My Alabaster Jar
This morning, I sat with
𝟙 ℂ𝕠𝕣𝕚𝕟𝕥𝕙𝕚𝕒𝕟𝕤 𝟞:𝟙𝟡-𝟚𝟘 again.
I’ve read it before.
But today… it read me.
“𝔻𝕠 𝕪𝕠𝕦 𝕜𝕟𝕠𝕨 𝕥𝕙𝕒𝕥 𝕪𝕠𝕦𝕣 𝕓𝕠𝕕𝕪 𝕚𝕤 𝕒
𝕥𝕖𝕞𝕡𝕝𝕖 𝕠𝕗 𝕥𝕙𝕖 ℍ𝕠𝕝𝕪 𝕊𝕡𝕚𝕣𝕚𝕥 𝕨𝕚𝕥𝕙𝕚𝕟 𝕪𝕠𝕦,
𝕨𝕙𝕠𝕞 𝕪𝕠𝕦 𝕙𝕒𝕧𝕖 𝕗𝕣𝕠𝕞 𝔾𝕠𝕕? 𝕐𝕠𝕦 𝕒𝕣𝕖 𝕟𝕠𝕥
𝕪𝕠𝕦𝕣 𝕠𝕨𝕟, 𝕗𝕠𝕣 𝕪𝕠𝕦 𝕨𝕖𝕣𝕖 𝕓𝕠𝕦𝕘𝕙𝕥 𝕨𝕚𝕥𝕙 𝕒 𝕡𝕣𝕚𝕔𝕖.
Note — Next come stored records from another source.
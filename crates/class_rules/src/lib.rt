#![tactic(auto)]

// The class report as definitions, with their laws: specs/ has all there is.
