// What the programs share that read a recording on standard input: a read as a value, the loop that feeds what the reads bring, what there is to say,
// and the hold limit that they are given.
#![tactic(auto)]

ghost use Rattle.std.specs.Prelude.{◌≡◌, ◌≤◌, Bool, true, List, length, min, take, ℕ, ℤ, Ok, Err};
ghost use Rattle.std.specs.Io.{WritesAtMost};
ghost use Rattle.std.specs.Io.KnownBytes.{Appends};
ghost use Rattle.basics.specs.Answers.{answered};
ghost use Rattle.io.specs.Counts.{IsPrefixLen};
ghost use Rattle.reading.specs.Reads.{brought_by, Feeder, taken_in, after_read, Piecewise, ReadOut};
ghost use Rattle.reading.specs.Pages.{Telling, Making, Prints};
ghost use Rattle.text.specs.Places.{front, moved_by, put_at};
ghost use Rattle.reading.specs.Words.{limit_given};

use basics::Refusal;
use rules::Judge;
use std::env::{Env, FillError};
use std::io::{Read, Stdin, Write};
use text::Place;

// The descriptors of a program's input and of what it writes.
pub const STDIN: i32 = 0;

pub const STDOUT: i32 = 1;

pub const STDERR: i32 = 2;

// Every read but the last brings a byte or more, and with the bytes of one record past 2^30 no more of an input counts: so many reads are enough.
pub const TURNS: u64 = (Judge::MOST_RECORDS as u64 + 1) * 16;

// That standard input can't be read: what a program says in place of a text.
#[derive(Clone, Copy, PartialEq, Eq)]
pub struct CantRead;

// What is fed with the bytes of an input: what a piece of them makes of its state, whether more of the input counts after that, and the text that there is
// for it in the end.
pub trait Machine {
    type State: Copy;

    ghost feeder: { Feeder Self.State };

    ghost says: { Self.State → List ℕ };

    // A piece that is refused leaves the state as it was.
    fn feed(state: Self::State, piece: &[u8]) -> Result<Self::State, Refusal>
        ensures { (answered state result).value ≡ feeder.fed state piece.now };

    fn wants_more(state: &Self::State) -> bool
        ensures { result ≡ feeder.going state.now };

    // Puts the text to the page's front.
    fn put_text(state: Self::State, page: &mut [u8]) -> Place
        ensures { (result ≡ moved_by (length page.old) front (length (says state))) × (page.new ≡ put_at page.old front (says state)) };
}

// A program's input so far: the state, whether to read on, and whether the last read failed.
// Stays: the definitions `taken_in` and `ReadOut` name both flags, and `definition_failed_read_prints` is an edit of one.
#[derive(Clone, Copy)]
pub struct Input<S> {
    pub state: S,
    pub more: bool,
    pub failed: bool,
}

// What a read's answer and the buffer after it come to. That the bytes stand in the buffer follows, and is said so that `&buffer[..size]` asks for
// nothing more.
fn taken(got: isize, buffer: &[u8]) -> Result<usize, CantRead>
    ensures value { result ≡ brought_by (record { got = got; buffer = buffer.now }) }
    ensures bound { WritesAtMost result buffer.now }
{
    let failed = got < 0;
    if failed {
        return Err(CantRead);
    }
    Ok(io::count(got, buffer))
}

// Reads once from standard input: so many bytes come, which stand at the buffer's front. A call that a signal interrupts is one that failed.
pub fn read_once(mut input: Stdin, buffer: &mut [u8]) -> Result<usize, CantRead>
    ensures value { (got : ℤ) × (result ≡ brought_by (record { got = got; buffer = buffer.new })) }
    ensures bound { WritesAtMost result buffer.new }
{
    let got = match input.read(buffer) {
        Ok(n) => n as isize,
        Err(_) => -1,
    };
    taken(got, buffer)
}

// Takes in the bytes that a read brought: none at the input's end, or where it failed.
fn take_in<M: Machine>(bytes: &[u8], failed: bool, input: Input<M::State>) -> Input<M::State>
    ensures { result ≡ taken_in M.feeder input failed bytes.now }
{
    if bytes.is_empty() {
        return Input {
            more: false,
            failed,
            ..input
        };
    }
    let state = M::feed(input.state, bytes).unwrap_or(input.state);
    Input {
        state,
        more: M::wants_more(&state),
        failed: false,
    }
}

// Reads once more.
fn read_more<M: Machine>(stdin: Stdin, buffer: &mut [u8], input: Input<M::State>) -> Input<M::State>
    ensures { (got : ℤ) × (result ≡ after_read M.feeder input (record { got = got; buffer = buffer.new })) }
{
    let got = read_once(stdin, buffer);
    take_in::<M>(&buffer[..got.unwrap_or(0)], got.is_err(), input)
}

// Reads until it need read no more.
fn read_all<M: Machine>(stdin: Stdin, buffer: &mut [u8], begun: M::State) -> Input<M::State>
    ensures { (fresh : M.State) → begun ≡ fresh → Piecewise M.feeder fresh → ReadOut M.feeder fresh result }
{
    let mut input = Input {
        state: begun,
        more: true,
        failed: false,
    };
    for turn in 0..TURNS {
        if !input.more {
            return input;
        }
        input = read_more::<M>(stdin, buffer, input);
    }
    input
}

// Makes the text for an input that has been read: so many of the page's first bytes. There is none after a read that failed: what was not read may change it.
fn told<M: Machine>(input: Input<M::State>, page: &mut [u8]) -> Result<usize, CantRead>
    ensures { (begun : M.State) (lawful : Bool) (text : List ℕ → List ℕ) → lawful ≡ true → Piecewise M.feeder begun → Telling M.feeder begun text M.says
        → length (M.says input.state) ≤ length page.old → ReadOut M.feeder begun input → Prints M.feeder begun lawful text page.new result }
{
    if input.failed {
        return Err(CantRead);
    }
    Ok(M::put_text(input.state, page).at)
}

// What a program makes of its input: it reads, and makes the text for that; or where its words were refused the refusal's line, and reads nothing.
pub fn made<M: Machine>(
    stdin: Stdin,
    begun: Result<M::State, Refusal>,
    buffer: &mut [u8],
    page: &mut [u8],
) -> Result<usize, CantRead>
    ensures { (fresh : M.State) (lawful : Bool) (text : List ℕ → List ℕ) → Making M.feeder begun fresh lawful text M.says (length page.old)
        → Prints M.feeder fresh lawful text page.new result }
{
    match begun {
        Ok(state) => {
            let input = read_all::<M>(stdin, buffer, state);
            told::<M>(input, page)
        }
        Err(refusal) => Ok(printed::put_refused(page, Place::front(), refusal.number()).at),
    }
}

// Writes a line to standard error, and answers whether all of it was written.
pub fn complain<E: Write>(err: &mut E, line: &[u8]) -> bool
    ensures { result ≡ true → Appends (E.contents err.old) (E.contents err.new) line.now }
{
    err.write_all(line).is_ok()
}

// Writes a page to standard output, and complains where it can't. Answers whether all of the page was written.
pub fn print<O: Write, E: Write>(out: &mut O, err: &mut E, page: &[u8], complaint: &[u8]) -> bool
    ensures page { result ≡ true → Appends (O.contents out.old) (O.contents out.new) page.now }
    ensures silent { result ≡ true → err.new ≡ err.old }
{
    let printed = out.write_all(page).is_ok();
    if !printed {
        complain(err, complaint);
    }
    printed
}

// Prints what was made, so many of the page's first bytes; it complains where it can't, and where there is nothing since standard input can't be read.
// Answers whether all of a text was written.
pub fn show<O: Write, E: Write>(
    out: &mut O,
    err: &mut E,
    made: Result<usize, CantRead>,
    page: &[u8],
    unwritten: &[u8],
    unread: &[u8],
) -> bool
    ensures text { (n : ℕ) → made ≡ Ok n → result ≡ true → Appends (O.contents out.old) (O.contents out.new) (take n page.now) }
    ensures silent { result ≡ true → err.new ≡ err.old }
    ensures none { (why : CantRead) → made ≡ Err why → out.new ≡ out.old }
{
    match made {
        Ok(n) => print(out, err, &page[..n.min(page.len())], unwritten),
        Err(CantRead) => {
            complain(err, unread);
            false
        }
    }
}

// How many words the program was started with, its own name among them.
pub fn words_given(rt: &impl Env) -> usize {
    let mut byte = [0u8; 1];
    for i in 0..usize::MAX {
        if let Err(FillError::NotPresent) = rt.arg(i, &mut byte) {
            return i;
        }
    }
    usize::MAX
}

// Puts word i of the program at the buffer's front and answers its size: 0 where it is missing or has no room.
pub fn word_given(rt: &impl Env, i: usize, word: &mut [u8]) -> usize
    ensures { IsPrefixLen result word.new }
{
    rt.arg(i, word).unwrap_or(0)
}

// A number of a program's words as the library takes it: any over 255 is as unlawful as 255.
pub fn narrowed(number: u64) -> u8
    ensures { result ≡ min number 255 }
{
    number.min(255) as u8
}

// The hold limit of a program that takes nothing else: 16, or what its one argument says.
#[tactic(auto, unfolding(crate::specs::Words::limit_given))]
pub fn limit_given(words: usize, second: &[u8]) -> Option<u64>
    ensures { result ≡ limit_given words second.now }
{
    if words < 2 {
        return Some(16);
    }
    if 2 < words {
        return None;
    }
    text::number_in(second)
}

// The hold limit of a program that takes nothing else, from the words that it was started with.
pub fn only_limit(rt: &impl Env) -> Option<u64>
    ensures { (count : ℕ) × (second : List ℕ) × (result ≡ limit_given count second) }
{
    let mut word = io::buffer();
    let size = word_given(rt, 1, &mut word);
    limit_given(words_given(rt), &word[..size])
}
𝕊𝕠 𝕘𝕝𝕠𝕣𝕚𝕗𝕪 𝔾𝕠𝕕 𝕚𝕟 𝕪𝕠𝕦𝕣 𝕓𝕠𝕕𝕪.”
That’s a hard verse when you’ve spent
years feeling like your body is broken…
Or like no matter how hard you try,
something always seems to get in the way.
Asthma.
A hundred days of coughing.
An unintentional injury.
Disappointment.
Shame.
Trying again — only to feel like the
ground keeps shifting beneath you.
But instead of turning away from the
ache today, I let Him walk me through it.
And here’s what I heard in the quiet…
⸻
He’s not sabotaging you.
He’s sustaining you.
I know it doesn’t feel like it.
You’ve tried.
You’ve done the right things.
You’ve prayed, moved, nourished, rested.
You’ve coughed through winters.
Limped through setbacks.
Wrestled through the tears no one saw.
You’ve wondered if He even cares.
But beloved… He does.
This isn’t punishment.
This is a process.
Not just of weight loss—
— but of weight lifted.
Of lies uprooted.
Of shame released.
Of learning that this body
—even now— is not a failure.
It’s a temple.
And He’s still dwelling here.
So today — just today —
breathe.
Rest.
And remember:
You are not invisible.
Not to Him.
He sees you trying.
And that is holy ground.
—
If you’re where I am — asking why the
journey is still so hard,
I just want to say:
You’re not alone.
He’s walking us through something
deeper than we can see right now.
But one day, when we look back,
we’ll realize we were never walking alone.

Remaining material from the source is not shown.